◆ **Raw data**:
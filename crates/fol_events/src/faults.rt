//! Why a value is not read.

use std::alloc::AllocError;

/// Why a value is not read.
#[derive(Clone, Copy)]
pub enum Fault {
    /// The words spell no such value.
    Unspelled,
    /// Memory ran out.
    NoMemory(AllocError),
}

impl From<AllocError> for Fault {
    ghost use Rattle.std.specs.Prelude.{◌≡◌};
    ghost use Rattle.fol_events.specs.declared.faults.Fault.TheVariants.{NoMemory};

    ghost from_gives = { λ a e. e ≡ NoMemory a };

    fn from(error: AllocError) -> Fault {
        Fault::NoMemory(error)
    }
}
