//! One line of a report, with its end.

ghost use Rattle.std.specs.Prelude.{◌≡◌, ◌==◌, not, ℕ, ◌≤◌, List, [], ◌∷◌, ◌++◌, true, codes, decimal, IfOk, OnErr, Err};
ghost use Rattle.std.specs.List.{position};
ghost use Rattle.fol_model.specs.TextLines.{line_of};
ghost use Rattle.fol_model.specs.LineWords.{line};
ghost use Rattle.fol_model.specs.ReportWords.{event_words};
ghost use Rattle.fol_events.specs.declared.faults.Fault.TheVariants.{Unspelled};
ghost use Rattle.fol_events.specs.InRange.{InRange};
ghost use Rattle.fol_events.specs.Cuts.{has_no_feed};
ghost use Rattle.fol_events.specs.Told as told;

use crate::events::read_event;
use crate::faults::Fault;
use crate::words::{Words, is_word};
use fol_model::Event;
use std::alloc::Global;

/// The most event lines of a report.
const MOST_EVENTS: u64 = 16_777_216;

/// Where the first line ends.
fn line_end(bytes: &[u8]) -> Option<usize>
    ensures { result ≡ position (λ b. b == 10) bytes.now }
{
    bytes.iter().position(|b| *b == b'\n')
}

/// The first line without its end, and the bytes behind its end.
pub fn cut_line(bytes: &[u8]) -> Result<(&[u8], &[u8]), Fault>
    ensures found { IfOk result (λ r. (has_no_feed r.0.now ≡ true)
        × (bytes.now ≡ r.0.now ++ 10 ∷ r.1.now)) }
    ensures none { OnErr result (has_no_feed bytes.now ≡ true) }
{
    match line_end(bytes) {
        None => Err(Fault::Unspelled),
        Some(n) => { Ok((&bytes[..n], &bytes[n + 1..])) }
    }
}

/// What follows the head of a report.
pub fn behind_head(bytes: &[u8]) -> Result<&[u8], Fault>
    ensures found { IfOk result (λ r. bytes.now ≡ codes "report 1\n" ++ r.now) }
    ensures none { OnErr result (told.NoHead bytes.now) }
{
    let (line, rest) = cut_line(bytes)?;
    if is_word(line, b"report 1") {
        Ok(rest)
    } else {
        Err(Fault::Unspelled)
    }
}

/// The number of event lines that a line tells.
fn read_count(line: &[u8]) -> Result<u64, Fault>
    ensures found { IfOk result (λ n. (n ≤ 16777216)
        × (line.now ≡ line_of (codes "events" ∷ decimal n ∷ []))) }
    ensures none { OnErr result ((n : ℕ) → n ≤ 16777216
        → line.now ≡ line_of (codes "events" ∷ decimal n ∷ []) → ⊥) }
{
    let mut words = Words::of(line);
    words.pass(b"events")?;
    let count = words.natural(MOST_EVENTS)?;
    words.end()?;
    Ok(count)
}

/// The number of event lines, and what follows the line that tells it.
pub fn count_line(bytes: &[u8]) -> Result<(u64, &[u8]), Fault>
    ensures found { IfOk result (λ r. (r.0 ≤ 16777216)
        × (bytes.now ≡ told.count_line r.0 ++ r.1.now)) }
    ensures none { OnErr result (told.NoCount bytes.now) }
{
    let (line, rest) = cut_line(bytes)?;
    let count = read_count(line)?;
    Ok((count, rest))
}

/// The event of the first line, and what follows that line.
pub fn event_line(alloc: Global, bytes: &[u8]) -> Result<(Event, &[u8]), Fault>
    ensures found { IfOk result (λ r. InRange r.0
        × (bytes.now ≡ line (event_words r.0) ++ r.1.now)) }
    ensures none { result ≡ Err Unspelled → told.NoEvent bytes.now }
{
    let (line, rest) = cut_line(bytes)?;
    let event = read_event(alloc, line)?;
    Ok((event, rest))
}
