// Replays recorded texts, framed as run_frames reads them, one line an answer: `ok`, or `6` or `7` and the place of the fault or the bracket.
#![tactic(auto)]

use literal_bytes::Parsed;

// Prints the line of a case, but for its end.
fn replay(rt: &impl Print, case: &[u8]) {
    match literal::literal(case) {
        Parsed::Value(_) => say(rt, b"ok"),
        Parsed::Fault(at) => {
            say(rt, b"6 ");
            say_number(rt, at as u64)
        }
        Parsed::Deep(at) => {
            say(rt, b"7 ");
            say_number(rt, at as u64)
        }
    }
}

fn main(rt: HostRuntime) {
    let mut room = [0u8; 65536];
    let mut input = rt.stdin();
    // A proved loop has to end, and nothing says that the input does; no run has this many cases.
    for _ in 0..u64::MAX {
        let Some(n) = run_frames::next(&mut input, &mut room) else {
            return;
        };
        replay(&rt, &room[..n]);
        if rt.write_all(b"\n").is_err() {
            return;
        }
    }
}

// ---- what other replay programs have too: a public function of a library would have to state its whole result, and no contract can say what is printed

// Writes text. A write that fails is passed over: the line's end then fails too, and ends the run.
fn say(rt: &impl Print, text: &[u8]) {
    let _ = rt.write_all(text);
}

fn say_number(rt: &impl Print, n: u64) {
    let _ = rt.print(n);
}
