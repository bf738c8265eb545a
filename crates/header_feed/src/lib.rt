// Reads a header that arrives part by part (document 02, "Wish 10. Headers arrive packet by packet."). A feeder keeps the bytes before the text, how many bytes were taken, and what it
// says; the text goes to a lent buffer, and is judged once, when it is whole. The C interface and the program npy_feed call it.
#![tactic(auto)]

ghost use Rattle.std.specs.Prelude.{◌≡◌, ◌+◌, ◌-◌, ◌^◌, ◌≤◌, ◌<◌, min, eqb, length, take, drop};
ghost use Rattle.std.proofs.Math.Seq.{paste};
ghost use Rattle.refusal.specs.Numbers.{number_of};
ghost use Rattle.record.specs.Prefix.{prefix};
ghost use Rattle.header_prefix.specs.Answer.{version_is, prefix_is, prefix_answer};
ghost use Rattle.header.specs.Reads.{lent};
ghost use Rattle.header_feed.specs.Due.{start_in};
ghost use Rattle.header_feed.specs.Feeds.{fresh_feeder, Feeds, TakesPart, cut_short, Ends};
ghost use Rattle.header_feed.specs.Steps.{Grown, TakesHead, PrefixWhole, TakesText, ReadsWhole};

use counts::Bytes;
use header::Header;
use header_prefix::{Prefix, Version, text_start};
use refusal::Refusal;

// How many bytes come before the text at most.
pub const HEAD: usize = 12;

// How many bytes the magic and the version have.
const FIRST: usize = 8;

// What a feeder says: need more; the header; or a refusal, 36 or one of the whole-slice reader's. (Three cases with names of their own: an `Option` of a `Result` would say none of them.)
#[derive(Clone, Copy)]
pub enum Fed {
    More,
    Read(Header),
    Refused(Refusal),
}

#[derive(Clone, Copy)]
pub struct Feeder {
    // the bytes before the text, as far as they were taken
    pub head: [u8; HEAD],
    // how many bytes were taken, those of the text included
    pub taken: usize,
    pub said: Fed,
}

// The feeder after a part, and how many bytes of the part it used.
#[derive(Clone, Copy)]
pub struct Feeding {
    pub feeder: Feeder,
    pub used: usize,
}

// The bytes before the text, how many bytes were taken, and how many of them are the part's.
#[derive(Clone, Copy)]
struct Grows {
    head: [u8; HEAD],
    taken: usize,
    used: usize,
}

// A feeder that has taken nothing.
pub fn start() -> Feeder
    ensures { result ≡ fresh_feeder }
{
    Feeder {
        head: [0; HEAD],
        taken: 0,
        said: Fed::More,
    }
}

// Takes the next part of a header: its bytes up to the one with which the outcome comes, or all. The text goes to the front of `text`, which each call is lent as the last left it; once the text is
// whole, its record goes to the three rooms. A feeder that has said an outcome takes nothing and says it again.
pub fn feed(
    f: Feeder,
    part: &[u8],
    text: &mut [u8],
    table: &mut [u64],
    names: &mut [u8],
    shape: &mut [u64],
) -> Feeding
    ensures { Feeds f part.now text.old (lent table.old names.old shape.old) result text.new (lent table.new names.new shape.new) }
{
    match f.said {
        Fed::More => take_part(f.head, f.taken, part, text, table, names, shape),
        Fed::Read(_) => Feeding { feeder: f, used: 0 },
        Fed::Refused(_) => Feeding { feeder: f, used: 0 },
    }
}

// The feeder where the input ends: 1 or 3 if it needs more, and else the outcome that it has said.
pub fn end(f: Feeder) -> Feeder
    ensures { Ends f result }
{
    match f.said {
        Fed::More => Feeder {
            said: Fed::Refused(cut_short(f.taken)),
            ..f
        },
        Fed::Read(_) => f,
        Fed::Refused(_) => f,
    }
}

// Why an input that ended after so many bytes is refused.
fn cut_short(taken: usize) -> Refusal
    ensures { number_of result ≡ cut_short taken }
{
    if taken < FIRST {
        Refusal::NotNpy
    } else {
        Refusal::Incomplete
    }
}

// A part, by a feeder that needs more.
fn take_part(
    head: [u8; HEAD],
    taken: usize,
    part: &[u8],
    text: &mut [u8],
    table: &mut [u64],
    names: &mut [u8],
    shape: &mut [u64],
) -> Feeding
    ensures { TakesPart head taken part.now text.old (lent table.old names.old shape.old) result text.new (lent table.new names.new shape.new) }
{
    let had = held(head, taken, text.len());
    let h = fill_head(head, had, part);
    let bytes = h.head;
    let got = h.taken;
    let used = h.used;
    if got < FIRST {
        return after(bytes, got, used, Fed::More);
    }
    match prefix_in(bytes, got) {
        Ok(p) => take_text(bytes, p, got, part, used, text, table, names, shape),
        Err(why) => {
            if is_incomplete(why) {
                after(bytes, got, used, Fed::More)
            } else {
                after(bytes, got, used, Fed::Refused(why))
            }
        }
    }
}

// How many of the bytes that were taken the head and a text buffer of this length hold: all, if the buffer is the one of the last call.
fn held(head: [u8; HEAD], taken: usize, buffer: usize) -> usize
    requires { buffer < 2 ^ 63 }
    ensures { result ≡ min taken (start_in head + buffer) }
{
    taken.min(start_in(head) + buffer)
}

// Where the text starts: 10 for (1,0), else 12.
fn start_in(head: [u8; HEAD]) -> usize
    ensures { result ≡ start_in head }
{
    if (head[6] == 1) & (head[7] == 0) {
        10
    } else {
        HEAD
    }
}

// The prefix of a head of which so many bytes were taken.
fn prefix_in(head: [u8; HEAD], got: usize) -> Result<Prefix, Refusal>
    ensures { prefix_answer result ≡ prefix (take (min got (start_in head)) head) }
{
    let n = got.min(start_in(head));
    header_prefix::read(&head[..n])
}

// Whether a prefix is refused because its length field is incomplete.
fn is_incomplete(why: Refusal) -> bool
    ensures { result ≡ eqb (number_of why) 3 }
{
    why.number() == 3
}

// The bytes before the text that a part has: up to byte 8, and unless these give 1 or 2, up to the text.
fn fill_head(head: [u8; HEAD], had: usize, part: &[u8]) -> Grows
    ensures { TakesHead head had part.now result }
{
    let a = grow(head, had, FIRST, part, 0);
    let bytes = a.head;
    let first = a.taken;
    if first < FIRST {
        return a;
    }
    match prefix_in(bytes, first) {
        Ok(_) => a,
        Err(why) => {
            if is_incomplete(why) {
                grow(bytes, first, start_in(bytes), part, a.used)
            } else {
                a
            }
        }
    }
}

// Bytes of a part, stored after those that a head has, until it has so many.
fn grow(head: [u8; HEAD], had: usize, upto: usize, part: &[u8], used: usize) -> Grows
    requires { (upto ≤ 12) × (used ≤ length part.now) }
    ensures { Grown head had upto (drop used part.now) used result }
{
    if upto <= had {
        return Grows {
            head,
            taken: had,
            used,
        };
    }
    let rest = &part[used..];
    let n = (upto - had).min(rest.len());
    let mut bytes = head;
    copy(&mut bytes, had, rest, n);
    Grows {
        head: bytes,
        taken: had + n,
        used: used + n,
    }
}

// The text's bytes that a part has, after a complete prefix: 36 before any of them is taken.
fn take_text(
    head: [u8; HEAD],
    p: Prefix,
    got: usize,
    part: &[u8],
    used: usize,
    text: &mut [u8],
    table: &mut [u64],
    names: &mut [u8],
    shape: &mut [u64],
) -> Feeding
    requires { PrefixWhole head (prefix_is p) got text.old × (used ≤ length part.now) }
    ensures { TakesText head (prefix_is p) got (drop used part.now) used text.old (lent table.old names.old shape.old) result text.new (lent table.new names.new shape.new) }
{
    let length = p.length;
    if text.len() < length {
        return after(head, got, used, Fed::Refused(Refusal::Buffer));
    }
    let version = p.version;
    let start = text_start(version);
    let stored = got - start;
    let rest = &part[used..];
    let n = length.saturating_sub(stored).min(rest.len());
    copy(text, stored, rest, n);
    if stored + n < length {
        return after(head, got + n, used + n, Fed::More);
    }
    let said = read_whole(version, &text[..length], table, names, shape);
    after(head, got + n, used + n, said)
}

// The header whose text is complete, or its refusal.
fn read_whole(
    version: Version,
    text: &[u8],
    table: &mut [u64],
    names: &mut [u8],
    shape: &mut [u64],
) -> Fed
    ensures { ReadsWhole (version_is version) text.now (lent table.old names.old shape.old) result (lent table.new names.new shape.new) }
{
    match header::read_text(text, table, names, shape) {
        Ok(info) => Fed::Read(Header {
            version,
            info,
            start: Bytes((text_start(version) + text.len()) as u64),
        }),
        Err(why) => Fed::Refused(why),
    }
}

// A feeder that has taken so many bytes, and how many of them are this part's.
fn after(head: [u8; HEAD], taken: usize, used: usize, said: Fed) -> Feeding
    ensures { result ≡ record { feeder = record { head = head; taken = taken; said = said }; used = used } }
{
    Feeding {
        feeder: Feeder { head, taken, said },
        used,
    }
}

// Stores the first n bytes of `from` in `out`, from `at` on.
fn copy(out: &mut [u8], at: usize, from: &[u8], n: usize)
    requires { (at + n ≤ length out.old) × (n ≤ length from.now) }
    ensures { out.new ≡ paste out.old at from.now n }
{
    for i in 0..n {
        out[at + i] = from[i];
    }
}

◆ **Instructions to follow**:
Transcribe each line of the data above, unaltered, from the one where "let h = fill_head(head, had, part);" appears to the one where "buffer < 2 ^" appears, inclusive of both.

◆ **Response area**:
    let h = fill_head(head, had, part);
    let bytes = h.head;
    let got = h.taken;
    let used = h.used;
    if got < FIRST {
        return after(bytes, got, used, Fed::More);
    }
    match prefix_in(bytes, got) {
        Ok(p) => take_text(bytes, p, got, part, used, text, table, names, shape),
        Err(why) => {
            if is_incomplete(why) {
                after(bytes, got, used, Fed::More)
            } else {
                after(bytes, got, used, Fed::Refused(why))
            }
        }
    }
}

// How many of the bytes that were taken the head and a text buffer of this length hold: all, if the buffer is the one of the last call.
fn held(head: [u8; HEAD], taken: usize, buffer: usize) -> usize
    requires { buffer < 2 ^ 63 }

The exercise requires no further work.